Derrière un scénario qui donne à fond dans le cliché du retournement de situation perpétuel, se cache une pépite de Johnnie To. Comme dans beaucoup de ses films, c'est la désinvolture de son personnage principal (Lau Ching Wan, excellent), policier surdoué et désœuvré suite à sa mise au placard, qui triomphe du hiératisme de ses opposants (des mafieux lambda).
Les deux camps sont manipulés par un superbe Andy Lau, qui incarne un personnage entre deux eaux n'ayant rien à perdre et se foutant de la gueule de tout le monde à grands coups de bluffs insensés et de déguisements improbables.
L'humour constant et le ton caustique de l'ensemble (la course-poursuite cahin-caha entre les deux héros, sonnés par une explosion, sous une musique épique disproportionnée) tranchent avec le nihilisme du propos, cristallisé par le personnage de Lau, qui se sait mourant. Quelques scènes réellement belles (dans le bus notamment) rehaussent le tout, sans jamais faire baisser le rythme effréné imposé par la course contre le temps de Lau.
Celui-ci se présente d'ailleurs comme un miroir du metteur en scène, avouant mener son comparse en bateau - lequel de son côté admet à demi-mot aimer cela.

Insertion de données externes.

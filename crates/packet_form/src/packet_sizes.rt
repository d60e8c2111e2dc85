// The geometry of a network's packets: three sizes, and the lengths of all parts that follow from them.
ghost use Rattle.std.specs.Prelude.{◌≡◌, ◌==◌, ℕ, ◌≤◌, ◌↔◌, IsOk, IfOk, IsErrOf};
ghost use Rattle.std.proofs.Common.{rules};
ghost use Rattle.std.specs.Cmp.Rules.{comparing};
ghost use Rattle.std.specs.Ordering.{eq_of_both, on};
ghost use Rattle.packet_form.specs.Geometry.{Sizes, IsWithin, InRange};
ghost use Rattle.packet_form.specs.Geometry as lengths;

use crate::GeometryFault;
use std::marker::Model;

/// The sizes of a network's packets. Contracts see it as these sizes, and its lengths are in bytes.
#[derive(Clone, Copy, Debug)]
pub struct Geometry {
    ct: usize,
    hops: usize,
    body: usize,
}

impl Model for Geometry {
    ghost Value = { Sizes };

    ghost view = { λ g. record { ct = g.ct; hops = g.hops; body = g.body } };

    ghost invariant = { λ g. InRange (record { ct = g.ct; hops = g.hops; body = g.body }) };

    ghost inverse = { λ sizes. record { ct = sizes.ct; hops = sizes.hops; body = sizes.body } };
}

impl PartialEq for Geometry {
    ghost eq = { eq_of_both (on (λ g. g.ct) ◌==◌)
        (eq_of_both (on (λ g. g.hops) ◌==◌) (on (λ g. g.body) ◌==◌)) };

    ghost laws = { Prim.search (comparing, rules) };

    fn eq(&self, other: &Geometry) -> bool {
        self.ct == other.ct && self.hops == other.hops && self.body == other.body
    }
}

impl Eq for Geometry {
    ghost laws = { Prim.search (comparing, rules) };
}

impl Geometry {
    /// The geometry of a ciphertext's length, a greatest number of hops and a body's length. Asks a ciphertext
    /// of at most 4,096 bytes. `Hops` comes exactly where hops isn't 1 to 5, and else `Body` exactly where body
    /// isn't 1 to 4,096.
    pub fn new(ct: usize, hops: usize, body: usize) -> Result<Geometry, GeometryFault>
        requires { ct ≤ 4096 }
        ensures ok { IsOk result ↔ (IsWithin 1 5 hops × IsWithin 1 4096 body) }
        ensures hops { IsErrOf result GeometryFault.Hops ↔ ¬ IsWithin 1 5 hops }
        ensures body { IsErrOf result GeometryFault.Body ↔
            (IsWithin 1 5 hops × ¬ IsWithin 1 4096 body) }
        ensures sizes { IfOk result (λ made. made ≡ record { ct = ct; hops = hops; body = body }) }
    {
        if !(1..=5).contains(&hops) {
            return Err(GeometryFault::Hops);
        }
        if !(1..=4096).contains(&body) {
            return Err(GeometryFault::Body);
        }
        Ok(Geometry { ct, hops, body })
    }

    /// The length of a ciphertext.
    pub fn ct(&self) -> usize
        ensures value { result ≡ self.now.ct }
        ensures in_range { InRange self.now }
    {
        self.ct
    }

    /// The greatest number of hops, 1 to 5.
    pub fn hops(&self) -> usize
        ensures value { result ≡ self.now.hops }
        ensures in_range { InRange self.now }
    {
        self.hops
    }

    /// The length of a body, 1 to 4,096.
    pub fn body(&self) -> usize
        ensures value { result ≡ self.now.body }
        ensures in_range { InRange self.now }
    {
        self.body
    }

    /// The length of one hop's part of the routing information: a ciphertext and 72 bytes of commands.
    pub fn slot(&self) -> usize
        ensures value { result ≡ lengths.slot self.now }
        ensures most { result ≤ 4168 }
    {
        self.ct + 72
    }

    /// The length of the routing information: a slot for each hop.
    pub fn routing(&self) -> usize
        ensures value { result ≡ lengths.routing self.now }
        ensures most { result ≤ 20840 }
    {
        self.hops * self.slot()
    }

    /// The length of a header: version, ciphertext, routing information and MAC.
    pub fn header(&self) -> usize
        ensures value { result ≡ lengths.header self.now }
        ensures most { result ≤ 24970 }
    {
        2 + self.ct + self.routing() + 32
    }

    /// The length of a reply block: a header, the id of its first hop and a key of 128 bytes.
    pub fn block(&self) -> usize
        ensures value { result ≡ lengths.block self.now }
        ensures most { result ≤ 25130 }
    {
        self.header() + 32 + 128
    }

    /// The length of a payload: zeros, flag, the room of a block, and the body.
    pub fn payload(&self) -> usize
        ensures value { result ≡ lengths.payload self.now }
        ensures most { result ≤ 29260 }
    {
        32 + 2 + self.block() + self.body
    }

    /// The length of a packet: header and payload.
    pub fn packet(&self) -> usize
        ensures value { result ≡ lengths.packet self.now }
        ensures most { result ≤ 54230 }
    {
        self.header() + self.payload()
    }
}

La mise en scène est... parfaite, comme souvent avec To, malgré quelques effets d'accéléré / ralenti disgracieux, mais qui restent néanmoins cohérents avec la situation de Lau - cadavre en devenir pour qui l'on peut supposer que le temps s’écoule différemment.
Le final est peut-être de trop, opérant un ultime retournement quelque peu superflu, mais ce qui reste en tête après le visionnage, c'est bien l'ambiance bleu nuit du film, et la peinture remarquable des relations entre les différents protagonistes du film.